■ **Dataset entries**
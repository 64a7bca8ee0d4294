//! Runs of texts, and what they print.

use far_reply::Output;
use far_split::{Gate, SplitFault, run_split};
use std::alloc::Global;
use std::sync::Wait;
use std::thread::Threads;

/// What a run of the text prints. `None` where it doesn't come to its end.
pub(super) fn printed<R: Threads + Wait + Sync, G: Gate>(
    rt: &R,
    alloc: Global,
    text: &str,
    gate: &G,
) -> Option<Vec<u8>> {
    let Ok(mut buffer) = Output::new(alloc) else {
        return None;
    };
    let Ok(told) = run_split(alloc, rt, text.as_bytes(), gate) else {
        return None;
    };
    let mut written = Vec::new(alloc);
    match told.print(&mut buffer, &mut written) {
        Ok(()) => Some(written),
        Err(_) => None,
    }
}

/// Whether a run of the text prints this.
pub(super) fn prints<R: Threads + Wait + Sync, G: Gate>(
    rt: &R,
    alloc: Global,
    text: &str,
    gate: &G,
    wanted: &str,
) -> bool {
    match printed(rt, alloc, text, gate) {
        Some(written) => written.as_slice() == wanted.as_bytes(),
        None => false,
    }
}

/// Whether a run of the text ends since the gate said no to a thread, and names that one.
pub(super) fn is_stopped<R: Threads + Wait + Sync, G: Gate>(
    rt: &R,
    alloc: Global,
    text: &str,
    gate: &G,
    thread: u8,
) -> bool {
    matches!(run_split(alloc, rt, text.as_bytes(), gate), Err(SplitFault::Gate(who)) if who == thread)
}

---

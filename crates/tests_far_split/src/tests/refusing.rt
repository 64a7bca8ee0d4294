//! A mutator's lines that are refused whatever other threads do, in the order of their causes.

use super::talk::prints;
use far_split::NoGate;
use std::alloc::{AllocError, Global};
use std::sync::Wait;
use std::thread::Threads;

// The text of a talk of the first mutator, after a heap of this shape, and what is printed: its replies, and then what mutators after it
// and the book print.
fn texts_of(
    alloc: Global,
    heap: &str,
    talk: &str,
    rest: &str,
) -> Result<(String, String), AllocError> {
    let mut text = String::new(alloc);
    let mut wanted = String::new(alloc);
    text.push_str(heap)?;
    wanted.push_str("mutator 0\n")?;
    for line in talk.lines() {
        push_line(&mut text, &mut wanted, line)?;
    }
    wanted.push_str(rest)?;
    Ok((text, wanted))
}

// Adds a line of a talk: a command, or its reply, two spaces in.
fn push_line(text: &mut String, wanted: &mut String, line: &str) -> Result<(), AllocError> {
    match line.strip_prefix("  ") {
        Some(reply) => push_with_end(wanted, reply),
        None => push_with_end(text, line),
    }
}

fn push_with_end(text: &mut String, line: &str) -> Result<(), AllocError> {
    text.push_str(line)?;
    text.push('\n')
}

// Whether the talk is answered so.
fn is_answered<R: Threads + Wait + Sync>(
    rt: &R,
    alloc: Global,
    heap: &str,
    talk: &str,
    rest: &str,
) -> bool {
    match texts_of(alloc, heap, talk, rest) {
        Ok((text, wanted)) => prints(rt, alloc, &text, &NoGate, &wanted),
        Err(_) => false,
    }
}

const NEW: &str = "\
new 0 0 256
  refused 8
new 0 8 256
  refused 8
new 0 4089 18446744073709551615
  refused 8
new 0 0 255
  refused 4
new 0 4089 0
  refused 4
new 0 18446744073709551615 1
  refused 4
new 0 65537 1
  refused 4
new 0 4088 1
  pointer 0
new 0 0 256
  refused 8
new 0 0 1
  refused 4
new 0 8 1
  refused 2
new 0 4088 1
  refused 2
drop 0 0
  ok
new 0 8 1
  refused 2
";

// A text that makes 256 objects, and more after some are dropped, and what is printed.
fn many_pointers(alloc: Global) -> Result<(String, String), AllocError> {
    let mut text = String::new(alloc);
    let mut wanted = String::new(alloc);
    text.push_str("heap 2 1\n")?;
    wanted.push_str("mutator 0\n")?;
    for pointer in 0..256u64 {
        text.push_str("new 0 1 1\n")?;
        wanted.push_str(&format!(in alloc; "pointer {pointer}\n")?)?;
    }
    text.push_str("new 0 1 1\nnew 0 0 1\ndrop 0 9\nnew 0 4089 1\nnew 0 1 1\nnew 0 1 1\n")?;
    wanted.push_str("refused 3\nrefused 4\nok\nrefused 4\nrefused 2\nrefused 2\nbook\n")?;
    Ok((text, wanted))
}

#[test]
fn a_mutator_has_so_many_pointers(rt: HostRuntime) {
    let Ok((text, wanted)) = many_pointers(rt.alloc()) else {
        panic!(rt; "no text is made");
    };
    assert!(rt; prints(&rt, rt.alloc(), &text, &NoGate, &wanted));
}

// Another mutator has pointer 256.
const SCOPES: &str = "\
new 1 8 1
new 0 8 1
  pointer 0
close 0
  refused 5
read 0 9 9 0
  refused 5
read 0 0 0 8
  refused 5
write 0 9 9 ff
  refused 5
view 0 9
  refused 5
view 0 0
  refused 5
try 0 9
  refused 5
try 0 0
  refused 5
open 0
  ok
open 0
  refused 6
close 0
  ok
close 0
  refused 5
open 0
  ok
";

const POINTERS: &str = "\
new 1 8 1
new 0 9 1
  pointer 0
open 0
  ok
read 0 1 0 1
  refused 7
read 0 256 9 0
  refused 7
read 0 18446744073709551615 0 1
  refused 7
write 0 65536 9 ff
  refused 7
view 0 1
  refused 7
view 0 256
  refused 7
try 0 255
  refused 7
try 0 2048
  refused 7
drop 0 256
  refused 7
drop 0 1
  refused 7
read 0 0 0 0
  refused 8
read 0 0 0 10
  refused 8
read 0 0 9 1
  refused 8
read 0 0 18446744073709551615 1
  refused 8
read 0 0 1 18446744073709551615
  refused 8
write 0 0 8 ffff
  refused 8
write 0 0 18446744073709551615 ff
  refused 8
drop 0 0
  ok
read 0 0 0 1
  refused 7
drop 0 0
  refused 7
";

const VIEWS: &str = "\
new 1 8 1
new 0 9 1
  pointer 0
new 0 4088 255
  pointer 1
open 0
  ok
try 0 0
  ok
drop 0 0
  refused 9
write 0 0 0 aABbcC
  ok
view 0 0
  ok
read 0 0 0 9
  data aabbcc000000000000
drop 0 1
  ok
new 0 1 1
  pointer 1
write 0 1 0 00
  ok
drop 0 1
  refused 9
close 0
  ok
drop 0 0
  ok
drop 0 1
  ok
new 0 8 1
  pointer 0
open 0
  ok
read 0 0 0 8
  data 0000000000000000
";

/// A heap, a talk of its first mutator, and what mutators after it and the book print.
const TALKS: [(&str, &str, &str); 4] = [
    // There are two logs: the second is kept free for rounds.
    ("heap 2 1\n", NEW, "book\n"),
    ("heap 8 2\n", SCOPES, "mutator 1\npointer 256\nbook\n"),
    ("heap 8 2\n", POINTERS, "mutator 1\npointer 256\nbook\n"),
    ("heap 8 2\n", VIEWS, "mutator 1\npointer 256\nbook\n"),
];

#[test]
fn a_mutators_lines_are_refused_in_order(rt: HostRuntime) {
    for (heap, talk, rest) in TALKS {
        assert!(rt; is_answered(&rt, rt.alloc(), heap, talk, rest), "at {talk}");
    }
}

■ **Goal of the exercise**
List each line of the records that holds the string "None".

■ **Exercise result**
/// What a run of the text prints. `None` where it doesn't come to its end.
        return None;
        return None;
        Err(_) => None,
        None => false,
        None => push_with_end(text, line),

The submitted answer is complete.